Open skose82 opened 1 week ago

skose82 commented 1 week ago

Hi I am getting the following error:

sample1.fastq.gz is either empty or contains multiple entries with the same identifier. Please check your input FASTA file and execute genomad annotate again.

Not sure what's happening as the file isn't empty and works fine with other scripts/programs.

Is there a way to run genomad with pair-end fastq files or do hey need to be interleavened first?

Command is: genomad end-to-end --cleanup --splits 20 sample1_R1.fastq.gz genomad_output genomad_db

Thanks

apcamargo commented 1 week ago

That's because it's a FASTQ file. I should add a message explicitly stating that those are not supported.

Can you convert it to FASTA with seqkit fq2fa? Also, are those short or long reads? geNomad is not designed to work with short sequences such as 150bp reads.
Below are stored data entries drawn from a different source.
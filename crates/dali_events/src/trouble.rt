ghost use Rattle.std.specs.Prelude.{◌≡◌};

use dali_frame::Answer;
use dali_gear::{GearSet, Reach};

/// What disturbs the next frame on the bus.
#[derive(Clone, Copy, Debug, PartialEq, Eq)]
pub enum Trouble {
    /// Nothing.
    None,
    /// No backward frame is heard.
    AnswerLost,
    /// The backward frames are heard as damaged.
    Noise,
    /// The frame is destroyed; these gear take it all the same.
    Destroyed(GearSet),
    /// The frame collides with one that another controller sends at the same priority; no gear takes either.
    Collision,
}

impl Trouble {
    ghost use Rattle.std.specs.Prelude.{IfSome, Some};
    ghost use Rattle.dali_events.specs.Troubles.{heard_under, reach_under};
    ghost use Rattle.dali_events.specs.Troubles.{trouble_name, trouble_named, destroying_named, StandsAlone};

    /// The trouble with a name in a script, of those that stand alone: `lost`, `noise` or `collision`.
    pub fn of_name(name: &[u8]) -> Option<Trouble>
        ensures value { result ≡ trouble_named name.now }
        ensures named { IfSome result (λ trouble. trouble_name trouble ≡ name.now) }
        ensures read { (trouble : Trouble) → StandsAlone trouble → trouble_name trouble ≡ name.now
            → result ≡ Some trouble }
    {
        if name == b"lost".as_slice() {
            Some(Trouble::AnswerLost)
        } else if name == b"noise".as_slice() {
            Some(Trouble::Noise)
        } else if name == b"collision".as_slice() {
            Some(Trouble::Collision)
        } else {
            None
        }
    }

    /// The trouble with a name before a set of gear: `destroyed`.
    pub fn of_name_and_set(name: &[u8], set: GearSet) -> Option<Trouble>
        ensures value { result ≡ destroying_named name.now set }
        ensures named { IfSome result (λ trouble. trouble_name trouble ≡ name.now) }
    {
        if name == b"destroyed".as_slice() {
            Some(Trouble::Destroyed(set))
        } else {
            None
        }
    }

    /// Which gear a frame reaches.
    pub fn reach(&self) -> Reach
        ensures { result ≡ reach_under self.now }
    {
        match self {
            Trouble::None | Trouble::AnswerLost | Trouble::Noise => Reach::Everyone,
            Trouble::Destroyed(set) => Reach::Only(*set),
            Trouble::Collision => Reach::Only(GearSet::NONE),
        }
    }

    /// What is heard after a frame that is sent, if `plain` would be heard without trouble.
    pub fn heard(self, plain: Answer) -> Answer
        ensures { result ≡ heard_under self plain }
    {
        match self {
            Trouble::AnswerLost => Answer::Silence,
            Trouble::Noise => Answer::Damaged,
            Trouble::None | Trouble::Destroyed(_) | Trouble::Collision => plain,
        }
    }
}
skose82 commented 1 week ago

Thank you for the quick response. They are short reads and worked with the nf-core/mag https://nf-co.re/mag/3.0.0 workflow for metagenomes so I was trying to use it as a standalone package. Mostly because they were assembled genomes I believe. So pair-end short reads are a no go with genomad? Do you know of any packages that can do similar with pair-end data?

Thanks

apcamargo commented 1 week ago

If you ran this pipeline, you should have an assembly (or multiple) for your data. The workflow assembles metagenomes prior to binning.

Regarding doing the analysis directly on reads, it depends on what you want. If you want to evaluate presence of known viruses, you could run something like PHANTA or KMCP. For discovery is new viruses or description of virus genomes, this won't do it, you will need assemblies first.